# UK Soap and Drama Discussion > Emmerdale > The Rumour Mill >  Scarlett may not be Tom's daughter but still a King?

## tammyy2j

Scarlett could turn out to be not Tom King's daughter after all but his grand daughter. It seems her mother Carrie not only tried out Tom but also his son Carl as she bedded them both. Carl will try to keep this a secret from his fiancee Chas but all will out soon. Scarlett has formed a good relationship with her brothers Jimmy and Carl and also seems to be getting along with Matthew but when this is revealed will all change?

----------

ChelseaFC (02-04-2007)

----------


## Kim

Read some more detail on this this morning. Carl slept with Carrie and lost his virginity to her when he was 16, but it was only the once. He was very upset about her rejection as he wanted more, but until Carrie turned up at Tom's funeral, he had no idea she was seeing him. He feels very uneasy now as they are moving to the village and Chas suspects something.

----------


## Katy

That would make more sense than her being Toms daughter. Either way therell be plenty of arguments if this comes out to be truthful.

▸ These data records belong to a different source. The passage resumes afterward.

//! A walk over all entries in a section: loads alone. No shared word is written, and nobody waits.
//!
//! It is one search for a name that no entry has, so it goes by each entry on the list. The search loads the words that it compares: the
//! number, the kind and the name. The walk loads the value beside them.

ghost use Rattle.std.specs.Prelude.{◌≡◌, ◌≢◌, ◌<◌, ◌≤◌, List, None, take, drop, set, length};
ghost use Rattle.passive_list.specs.Types.{Entry, Kind};
ghost use Rattle.registry_values.specs.Common.{kind_word};
ghost use Rattle.protocol.specs.Common.{words_of};
ghost use Rattle.cpu_words.specs.Common.{AreWordsOf, IsShownCpu, MaySeek};
ghost use Rattle.passive_list.specs.Lookups.{IsWalkLoad, GoesOnBySoMany, HasGoneOverBy};
ghost use Rattle.passive_list.specs.Walks.{MayGoBy, HasGoneByOne, HasGoneOver, HasWalked, IsWritten};

use crate::cpu::Cpu;
use crate::plain_cpu::PlainCpu;
use cpu_words::{CpuSeat, Domain, Words, steps};
use protocol::RecordWords;
use registry_values::{Entry, Kind, MOST_SLOTS, Name};

/// How a walk writes an entry into a place of its row: by its slot, and by the words that it loads
/// there.
pub trait WritesEntry {
    /// What a place has.
    type Place;

    /// What is written for an entry.
    ghost written: { Entry → Self.Place };

    fn write(place: &mut Self::Place, slot: u64, entry: RecordWords)
        requires slot { slot < MOST_SLOTS }
        ensures { (e : Entry) → e.slot ≡ slot → entry ≡ words_of e → place.new ≡ written e };
}

/// Writes each entry as it is.
struct AsItIs;

impl WritesEntry for AsItIs {
    type Place = Entry;

    ghost written = { λ e. e };

    /// Field by field. An entry that is copied whole takes the bytes between its fields along, which takes longer than to load it.
    #[inline(always)]
    fn write(place: &mut Entry, slot: u64, entry: RecordWords) {
        place.number = entry.number;
        place.slot = slot as u8;
        place.rec.kind = kind_of(entry.kind);
        place.rec.name = Name::of_words(entry.high, entry.low);
        place.rec.value = entry.value;
    }
}

/// Walks over all entries: writes the live ones into the row, the newest first, and returns how many there are. The rest of the row stays.
/// The last found entry is cleared. It takes no memory.
/// Conditions: inside; the row has as many places as the registry has slots.
///
/// 1. Each entry that is live from the start to the end is in the row, once. A name that has an entry all the while, though that be replaced, is
///    there once (`places` of `HasWalked`, and `newest_first`).
/// 2. Each entry in the row was live at some point from what this CPU had seen at the call to what it has seen at the return.
/// 3. Each of them keeps its slot until this section ends.
///
/// With n entries in the row there are 6 n + 1 loads (`log` of `HasWalked`).
#[tactic(auto, using(crate::proofs::GoingOver::all_written, crate::proofs::GoingOver::walked_by, crate::proofs::Sharing::shared, crate::proofs::Sharing::sharing))]
pub fn walk<D: Domain>(words: &Words, cpu: &mut Cpu<D>, row: &mut [Entry]) -> usize
    requires words { AreWordsOf words.now D.table D.settings }
    requires inside { cpu.old.view.begin ≢ None }
    requires room { D.settings.slots ≤ length row.old }
    ensures count { result ≤ D.settings.slots }
    ensures walked { HasWalked cpu.old cpu.new (take result row.new) }
    ensures rest { drop result row.new ≡ drop result row.old }
{
    walk_on::<AsItIs>(words, &mut cpu.plain, row)
}

/// `walk` on a CPU that names its own table, into a row of any length: what it has no place for isn't written. Returns how many entries there are,
/// with those. Conditions: the words are its table's; inside.
pub fn walk_on<W: WritesEntry>(words: &Words, cpu: &mut PlainCpu, row: &mut [W::Place]) -> usize
    requires words { AreWordsOf words.now cpu.old.words.table cpu.old.words.settings }
    requires inside { cpu.old.cpu.view.begin ≢ None }
    ensures count { result ≤ cpu.old.words.settings.slots }
    ensures walked { (met : List Entry) × (result ≡ length met) × HasWalked cpu.old.cpu cpu.new.cpu met × IsWritten W.written met row.old row.new }
    ensures words { cpu.new.words ≡ cpu.old.words }
{
    let count = go_over::<W>(words, &mut cpu.seat, cpu.row.cpu, row);
    cpu.found.number = 0;
    count
}

/// The whole walk, by the CPU's seat. Its search finds nothing, so the last found entry is cleared.
fn go_over<W: WritesEntry>(
    words: &Words,
    seat: &mut CpuSeat,
    cpu: u8,
    row: &mut [W::Place],
) -> usize
    requires table { seat.old.table ≡ words.now.table }
    requires cpu { (cpu < words.now.settings.cpus) × (seat.old.view.id ≡ cpu) }
    requires settings { seat.old.view.settings ≡ words.now.settings }
    requires may { MaySeek seat.old.view }
    ensures table { seat.new.table ≡ seat.old.table }
    ensures change { (met : List Entry) × (result ≡ length met) × HasGoneOver seat.old.view seat.new.view met × IsWritten W.written met row.old row.new }
    ensures is_shown { IsShownCpu seat.new.view }
    ensures known_log { seat.new.known_log ≡ seat.old.known_log }
    ensures log { HasGoneOverBy cpu seat.old.view.settings.slots result seat.old.log seat.new.log }
{
    let mut count = 0;
    let mut link = steps::seek(words, seat, cpu, Kind::Iface, Name::of_words(0, 0));
    while link != 0 {
        let slot = (link - 1) as usize;
        let entry = go_by(words, seat, cpu, slot);
        write_at::<W>(row, count, link - 1, entry);
        count += 1;
        link = steps::load_link(words, seat, cpu, link);
    }
    count
}

/// Writes the entry of that slot, which has these words, into its place, if the row goes so far.
#[inline(always)]
fn write_at<W: WritesEntry>(row: &mut [W::Place], place: usize, slot: u64, entry: RecordWords)
    requires slot { slot < MOST_SLOTS }
    ensures { (e : Entry) → e.slot ≡ slot → entry ≡ words_of e → row.new ≡ set row.old place (W.written e) }
{
    if place < row.len() {
        W::write(&mut row[place], slot, entry);
    }
}

/// Loads all words of the entry in a slot, and hands them on as they are.
#[tactic(auto, using(crate::proofs::Walking::may_load, crate::proofs::Walking::four_loaded, crate::proofs::Walking::five_loaded))]
fn go_by(words: &Words, seat: &mut CpuSeat, cpu: u8, slot: usize) -> RecordWords
    requires table { seat.old.table ≡ words.now.table }
    requires cpu { (cpu < words.now.settings.cpus) × (seat.old.view.id ≡ cpu) }
    requires slot { (slot < MOST_SLOTS) × (slot < words.now.settings.slots) }
    requires may { MayGoBy seat.old.view slot }
    ensures table { seat.new.table ≡ seat.old.table }
    ensures change { (e : Entry) × (e.slot ≡ slot) × (result ≡ words_of e) × HasGoneByOne seat.old.view slot e seat.new.view }
    ensures known_log { seat.new.known_log ≡ seat.old.known_log }
    ensures log { GoesOnBySoMany (IsWalkLoad cpu) 5 seat.old.log seat.new.log }
{
    let number = steps::load_searched(words, seat, cpu, slot, 0);
    let kind = steps::load_searched(words, seat, cpu, slot, 1);
    let high = steps::load_searched(words, seat, cpu, slot, 2);
    let low = steps::load_searched(words, seat, cpu, slot, 3);
    let value = steps::load_compared(words, seat, cpu, slot);
    RecordWords {
        number,
        kind,
        high,
        low,
        value,
    }
}

/// The kind whose word this is.
pub(crate) fn kind_of(word: u64) -> Kind
    ensures { (kind : Kind) → word ≡ kind_word kind → result ≡ kind }
{
    if word == 1 { Kind::Iface } else { Kind::Driver }
}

Chas will go mental.

----------


## Kim

It'd certainly be better if it was true. It'd be very unlikely as Carrie and Carl were just the once, adding to how good a storyline it would be. Then there'd be Chas going off on one, the age difference, Carl sleeping with his dad's mistress, even though it was unknowingly so. They wouldn't be that happy about having her as a niece, and they'd probably say she gets part of Carl's inheritence and nothing else, so there could be more ructions there.

----------


## Chloe O'brien

I would have expected Carrie to be having an affair with Matthew at the same time as Tom not Carl. But it will produce some fireworks that's for sure.  Looks like another break up on the horizon for Chas and Carl.

----------


## Abi

They've really been building this up this week. I really think and hope that Carl will turn out to be her Dad. It makes much more sense for a start, and it gives some reasons for why they are building up the Carl/Carrie thing. If this is what happens, then it would be great, i think.

----------


## Rain_

If that happened, the rest of the kings would immediately contest the will, if thats still possible at this stage.

----------


## Abbie

Hmm would make a really good storyline at the moment, something to replace we are still trying to find out who killed him

----------


## Red08

That wld make a great storyline - I think that is soooo much better than her being Toms daughter!!!

----------